The returned array has shape (num_patients, num_components) and contains the likelihood of each patient with t_stage under each component. If log is set to True, the likelihoods are returned in log-space.

patient_mixture_likelihoods(t_stage: str | None = None, component: int | None = None, *, log: bool = True, marginalize: bool = False) ndarray[source]#

Compute the (log-)likelihood of all patients under the mixture model.

This is essentially the (log-)likelihood of all patients given the individual components as computed by patient_component_likelihoods(), but weighted by the mixture coefficients. This means that the returned array when marginalize is set to False represents the unnormalized expected responsibilities of the patients for the components.

If marginalize is set to True, the likelihoods are summed over the components, effectively marginalizing the components out of the likelihoods and yielding the incomplete data likelihood per patient.

incomplete_data_likelihood(t_stage: str | None = None, component: int | None = None, *, log: bool = True) float[source]#

Compute the incomplete data likelihood of the model.

complete_data_likelihood(t_stage: str | None = None, component: int | None = None, *, log: bool = True) float[source]#

Compute the complete data likelihood of the model.

likelihood(given_params: Iterable[float] | dict[str, float] | None = None, given_resps: ndarray | None = None, *, log: bool = True, use_complete: bool = True) float[source]#

Compute the (in-)complete data likelihood of the model.

The likelihood is computed for the given_params. If no parameters are given, the currently set parameters of the model are used.

If responsibilities for each patient and component are given via given_resps, they are used to compute the complete data likelihood. Otherwise, the incomplete data likelihood is computed, which marginalizes over the responsibilities.

The likelihood is returned in log-space if log is set to True.

state_dist(t_stage: str = 'early', subgroup: str | None = None) ndarray[source]#

Compute the distribution over possible states.

Do this for a given t_stage and subgroup. If no subgroup is given, the distribution is computed for all subgroups. The result is a matrix with shape (num_subgroups, num_states).
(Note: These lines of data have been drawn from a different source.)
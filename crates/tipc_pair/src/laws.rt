//! Laws of the calls of a pair. They do nothing when they run.

ghost use Rattle.tipc_pair.specs.Causes.{CutsTell, DuplicatesTell, MeetsTell, NumbersAreNoted, NumbersTell, ReleasesTell, ResetsTell, TicksTell, TunnelsTell};

/// What is told of a link that goes down has its cause in the step: the bearer is cut; a tick passes after four silent
/// ones; a RESET arrives under a new epoch; an original tunnel packet arrives on the other link, which speaks of the
/// epoch under which this one is up; or the peer shows a higher contact number. The contact is told to end with the
/// last link, or by that number.
pub fn what_goes_down_has_a_cause()
    ensures cuts { CutsTell }
    ensures ticks { TicksTell }
    ensures resets { ResetsTell }
    ensures tunnels { TunnelsTell }
    ensures duplicates { DuplicatesTell }
    ensures numbers { NumbersTell }
    ensures noted { NumbersAreNoted }
    ensures releases { ReleasesTell }
    ensures meets { MeetsTell }
{}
posterior_state_dist(subgroup: str | None = None, given_params: Iterable[float] | dict[str, float] | None = None, given_state_dist: ndarray | None = None, given_diagnosis: dict[str, dict[str, Literal[False, 0, 'healthy', True, 1, 'involved', 'micro', 'macro', 'notmacro'] | None]] | None = None, t_stage: str | int = 'early', midext: bool | None = None, central: bool | None = None) ndarray[source]#

Compute the posterior distribution over hidden states given a diagnosis.

The given_diagnosis is a dictionary of diagnosis for each modality. E.g., this could look like this:

given_diagnosis = {
    "MRI": {"II": True, "III": False, "IV": False},
    "PET": {"II": True, "III": True, "IV": None},
}

The t_stage parameter determines the T-stage for which the posterior is computed.

risk(subgroup: str, involvement: dict[str, Literal[False, 0, 'healthy', True, 1, 'involved', 'micro', 'macro', 'notmacro'] | None], given_params: Iterable[float] | dict[str, float] | None = None, given_state_dist: ndarray | None = None, given_diagnosis: dict[str, dict[str, Literal[False, 0, 'healthy', True, 1, 'involved', 'micro', 'macro', 'notmacro'] | None]] | None = None, t_stage: str = 'early', midext: bool | None = None) float[source]#

Compute risk of a certain involvement, using the given_diagnosis.

If an involvement pattern of interest is provided, this method computes the risk of seeing just that pattern for the set of given parameters and a dictionary of diagnosis for each modality.

If no involvement is provided, this will simply return the posterior distribution over hidden states, given the diagnosis, as computed by the posterior_state_dist() method. See its documentation for more details about the arguments and the return value.